Three of the six duck species at the pond Tjörnin in Reykjavík are dying off, and will disappear if nothing is done.
Vísir reports that Ólafur Karl Nielsen, an ornithologist for The Icelandic Institute of Natural History (IINH), has recently concluded a count of the ducks at Tjörnin. The results, although not final, are hardly cause for celebration.
Six different species of duck nest around Tjörnin, but three of them are dying out: the Greater scaup, the gadwall and the common eider.
The reasons for the dying off are many. Cats, ravens and seagulls will attack eggs and ducklings alike, nesting areas are being encroached upon by development in nearby Vatnsmýri, and there is a decline in naturally occuring food while ducks compete with seagulls for nourishment.
On the bright side, the Eurasian teal has made its first appearance at Tjörnin, and has begun nesting there.

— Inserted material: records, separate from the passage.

// Stored answers, judged: what the checks answer to the same requests, beside them.
ghost use Rattle.std.specs.Prelude.{◌≡◌};
ghost use Rattle.verdicts.specs.Requests.{Asks, TextureJudged, view_verdict};

use crate::verdict::{Verdict, compare};
use answers::line::{TextureAnswer, TextureRequest, ViewAnswer};
use checks::accepted::accepted_texture;
use checks::refusal::Refusal;
use types::capabilities::Capabilities;
use types::descriptor::TextureDescriptor;
use types::texture::Texture;
use view_checks::view::check_view_descriptor;

// What the checks make of a texture request: the texture, where they accept it.
#[derive(Clone, Copy)]
pub struct JudgedTexture {
    pub verdict: Verdict,
    pub texture: Option<Texture>,
}

// The verdict on the answer to a texture request, and the texture for the views that are asked of it.
pub fn judge_texture(device: &Capabilities, answer: &TextureAnswer) -> JudgedTexture
    ensures { TextureJudged device.now answer.now result }
{
    let desc = descriptor(&answer.request);
    let checked = accepted_texture(device, &desc);
    JudgedTexture {
        verdict: compare(checked.err().map(|error| error.number()), answer.accepted),
        texture: checked.ok(),
    }
}

fn descriptor(request: &TextureRequest) -> TextureDescriptor<'_>
    ensures { Asks request.now result }
{
    TextureDescriptor {
        size: request.size,
        mip_level_count: request.mip_level_count,
        sample_count: request.sample_count,
        dimension: request.dimension,
        format: request.format,
        usage: request.usage,
        view_formats: request.view_formats.as_slice(),
    }
}

// The verdict on the answer to a request for a view of the texture.
pub fn judge_view(device: &Capabilities, texture: &Texture, answer: &ViewAnswer) -> Verdict
    ensures { result ≡ view_verdict device.now texture.now answer.now }
{
    let view = check_view_descriptor(device, texture, &answer.request);
    compare(view.err().map(|error| error.number()), answer.accepted)
}
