// A frame's fields by the table's columns: whether they may stand there, and what they mean.
ghost use Rattle.std.specs.Prelude.{◌≡◌, false, cond, not, ◌&&◌, [], ◌∷◌, ◌+◌, ◌*◌, ◌≤◌, eqb, leb, length};
ghost use Rattle.ledger.specs.Lists.{first, ◌⇒◌, within};
ghost use Rattle.ledger.specs.Refusals as ledger;
ghost use Rattle.ledger.specs.Refusals.{wrong_length, value_x, wrong_task, wrong_semaphore, wrong_queue, is_message, is_tock_value, meant_task, meant_semaphore};
ghost use Rattle.tables.specs.Layout.{Fits};
ghost use Rattle.refusals.specs.Numbers.{number_in};
ghost use Rattle.command.specs.Codes.{view_a, view_b, view_x, view_follows};
ghost use Rattle.command.specs.Configured.{Says};
ghost use Rattle.command.specs.Table.{Owner};

use crate::codes::{FieldA, FieldB, FieldX, Follows};
use refusals::Refusal;
use tables::shape::Shape;

// Whether a number is none of those from 1 on.
pub fn outside(most: usize, n: usize) -> bool
    ensures { result ≡ not (within 1 most n) }
{
    n == 0 || n > most
}

// Whether a number is above those of the semaphores that callers may name.
fn above(shape: Shape, b: u8) -> bool
    requires { Fits shape shape.end }
    ensures { result ≡ not (leb b (shape.named + shape.tasks)) }
{
    b as usize > shape.named + shape.tasks
}

// 2, of a frame of five bytes or more. How long an entry has to be depends on its queue.
#[tactic(auto, unfolding(ledger::specs::Refusals::wrong_length))]
pub fn wrong_length(follows: Follows, size: usize) -> bool
    ensures { result ≡ wrong_length (view_follows follows) size }
{
    match follows {
        Follows::X => size > 5,
        Follows::XAndEntry => false,
        Follows::LongX => size != 7,
    }
}

// X, high byte first.
#[tactic(auto, unfolding(ledger::specs::Refusals::value_x, ledger::specs::Refusals::wrong_length))]
pub fn value(follows: Follows, frame: &[u8]) -> usize
    requires { (5 ≤ length frame.now) × (wrong_length (view_follows follows) (length frame.now) ≡ false) }
    ensures { result ≡ value_x (view_follows follows) frame.now }
{
    match follows {
        Follows::X | Follows::XAndEntry => rows::word(frame[3], frame[4]) as usize,
        Follows::LongX => rows::long_word(frame[3], frame[4], frame[5], frame[6]) as usize,
    }
}

// A task from 1 on other than the running one.
#[tactic(auto, unfolding(ledger::specs::Refusals::wrong_task))]
fn not_another(shape: Shape, me: u8, a: u8) -> bool
    ensures { Says shape (λ c. wrong_task c ledger.to_start me a) result }
{
    outside(shape.tasks, a as usize) || a == me
}

// 5
#[tactic(auto, unfolding(ledger::specs::Refusals::wrong_task))]
pub fn wrong_task(kind: FieldA, shape: Shape, me: u8, a: u8) -> bool
    ensures { Says shape (λ c. wrong_task c (view_a kind) me a) result }
{
    match kind {
        FieldA::Unused | FieldA::Queue => false,
        FieldA::Task => outside(shape.tasks, a as usize),
        FieldA::ToStart => not_another(shape, me, a),
        FieldA::SelfOrTask | FieldA::AnyOrTask => a as usize > shape.tasks,
    }
}

// 6
#[tactic(auto, unfolding(ledger::specs::Refusals::wrong_semaphore))]
pub fn wrong_semaphore(kind: FieldB, shape: Shape, b: u8) -> bool
    requires { Fits shape shape.end }
    ensures { Says shape (λ c. wrong_semaphore c (view_b kind) b) result }
{
    !matches!(kind, FieldB::Unused) && above(shape, b)
}

// 7
#[tactic(auto, unfolding(ledger::specs::Refusals::wrong_queue))]
pub fn wrong_queue(kind: FieldA, shape: Shape, a: u8) -> bool
    ensures { Says shape (λ c. wrong_queue c (view_a kind) a) result }
{
    matches!(kind, FieldA::Queue) && outside(shape.queues, a as usize)
}

// 8
#[tactic(auto, unfolding(ledger::specs::Lists::first))]
fn wrong_message(shape: Shape, x: usize) -> Result<(), Refusal>
    ensures { Says shape (λ c. first (not (within 1 c.G x) ⇒ 8 ∷ [])) (number_in result) }
{
    if outside(shape.messages, x) {
        return Err(Refusal::Message);
    }
    Ok(())
}

// 9
#[tactic(auto, unfolding(ledger::specs::Lists::first))]
fn wrong_tocks(x: usize) -> Result<(), Refusal>
    ensures { number_in result ≡ first (eqb x 0 ⇒ 9 ∷ []) }
{
    if x == 0 {
        return Err(Refusal::TockValue);
    }
    Ok(())
}

// 8, or 9
#[tactic(auto, unfolding(ledger::specs::Refusals::is_message, ledger::specs::Refusals::is_tock_value, ledger::specs::Lists::first))]
pub fn wrong_value(kind: FieldX, shape: Shape, x: usize) -> Result<(), Refusal>
    ensures { Says shape (λ c. first ((is_message (view_x kind) && not (within 1 c.G x)) ⇒ 8 ∷ (is_tock_value (view_x kind) && eqb x 0) ⇒ 9 ∷ [])) (number_in result) }
{
    match kind {
        FieldX::Unused | FieldX::Switch => Ok(()),
        FieldX::Message => wrong_message(shape, x),
        FieldX::TockValue => wrong_tocks(x),
    }
}

// The task that A means.
pub fn or_self(me: u8, a: u8) -> u8
    ensures { result ≡ cond (eqb a 0) me a }
{
    if a == 0 {
        return me;
    }
    a
}

// The semaphore that B means: 0 is that of task t.
pub fn or_own(shape: Shape, t: u8, b: u8) -> u8
    requires { Fits shape shape.end × (t ≤ shape.tasks) }
    ensures { result ≡ cond (eqb b 0) (shape.named + t) b }
{
    if b == 0 {
        return (shape.named + t as usize) as u8;
    }
    b
}

#[tactic(auto, unfolding(ledger::specs::Refusals::meant_task))]
pub fn meant_task(kind: FieldA, me: u8, a: u8) -> u8
    ensures { result ≡ meant_task (view_a kind) me a }
{
    match kind {
        FieldA::SelfOrTask => or_self(me, a),
        _ => a,
    }
}

// `a` is the task that A means.
#[tactic(auto, unfolding(ledger::specs::Refusals::meant_semaphore))]
pub fn meant_semaphore(kind: FieldB, shape: Shape, me: u8, a: u8, b: u8) -> u8
    requires { Fits shape shape.end × (me ≤ shape.tasks) × Owner shape (view_b kind) a }
    ensures { Says shape (λ c. meant_semaphore c (view_b kind) me a b) result }
{
    match kind {
        FieldB::Unused | FieldB::OrNone => b,
        FieldB::OfSelf => or_own(shape, me, b),
        FieldB::OfTask => or_own(shape, a, b),
    }
}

Earlier this summer, the City of Reykjavík also released 20 eiders at Vatnsmýri, and have been providing them with food. In the long term, however, it is hoped that the ducks will be able to fend for themselves.
In the meantime, duck lovers hoping to help out are still advised to not give the ducks bread. Instead, toss them grapes cut in half, cracked corn, thawed peas or – if you can find it – duck feed pellets.